I'd just have it on for a straight 12 hours on, 12 off. Iran and Pakistan etc don't have the big variations in day time like we do in the north, it guess daylight hours might only change 2 hours here or there per season. Lazy and easy, perfect! :mrgreen:

@Vgorst, you must just have a nocturnal rhythm! I used to be like that, my mind would be buzzing at 5am and I'd sleep till 3pm if I could, really used to help with all those school exams. Dat brain. Environmental factors I guess, as well as age, gender, health, impossible to know! But you'll still use the same two hormones to tell your body when to wake up and go to sleep. If you've ever experienced jetlag then you'll know how ingrained your personal rhythm can be, annoyingly :mrgreen:


----------



## dramen (May 29, 2012)

To incorporate all that ahs been said in this thread and also my own experiences i think it really does depend on your own geckos and how they react to the UV light.

Normal morphs a 2% UV light from research would be very beneficial and they appear to expose some of their body to this light and as stated they have super absorbant skin so only need a short period of time of exposure.

In the case of albino's of which all three of mine are, I have tried with a 2% UV light and the effect on their behaviour was staggering. They bolted to the nearest hide and refused to come out for the entire evening even after i turned the lamp off.
I dont mean they bolted and stayed looking out i mean they bolted and hid as far back as they possibly could and refused to come any where near the light.
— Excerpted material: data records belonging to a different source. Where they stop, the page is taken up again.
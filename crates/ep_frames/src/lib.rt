//! What the machine takes its operands from and what its calls stand in: the operand stack and the calls under way.
//!
//! Promise: contracts see a `Stack` as the operands with the top first, and `Calls` as the frames of the definition,
//! the innermost first, and each call says what it makes of them. So that no small step asks for memory, the words of
//! all operands stand in one vector, and so do their texts, their sets, the slots and the arguments. It stands on
//! ep_object for operands and frames. Open specs/Stacks.antt first.
//! To change how an operand stands: specs/Stacks.antt, src/stack.rt, src/cell.rt; a set: specs/Members.antt,
//! src/members.rt, proofs/SetTops.antt. Frames, levels and arguments: specs/Calls.antt, src/calls.rt,
//! proofs/CallFrames.antt and CallEntry.antt.
#![tactic(auto)]

mod calls;
mod cell;
mod members;
mod stack;

pub use calls::{Argument, Calls};
pub use members::Members;
pub use stack::Stack;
This is not to say this will happen with all albinos and i did try this on repeat occasions to see if they adapted and got used to it but it was a no go on all three of my albinos.

The benefits if your gecko will take to UV exposure far out weigh the cost of buying a lamp and a fitting and always worth trying in my opinion.

As for taking them outside i have also tried this with the safe method of a high sided cardboard box and a hide from their vivarium placed in the box with them, Unfortunatly it was the same effect of bolting to the hide and refusing to come out.

This as i said just could be the way my leos are and may not be true of all albino leopard geckos.


----------



## TractorTotty (Jun 3, 2013)

Thankyou for that, Dramen : victory:

I am going to try the albino with UV and if she reacts badly, change it back to the household lighting straight away.

How does the *Trixie Sunlight Pro 2.0 T8 UV Fluorescent Tube, 15 Watt, 45 cm* sound?


----------



## Jesterone (Sep 30, 2012)

TractorTotty said:


> y.
> 
> How does the *Trixie Sunlight Pro 2.0 T8 UV Fluorescent Tube, 15 Watt, 45 cm* sound?


Doesn't sound like anything. It's a light.













:lol2:


----------



## Arcadiajohn (Jan 30, 2011)

The % of a lamp can only be selected when taking the species/morph into mind and with the height of the viv. Don't forget UVB decreases in power the further from the lamp light travels.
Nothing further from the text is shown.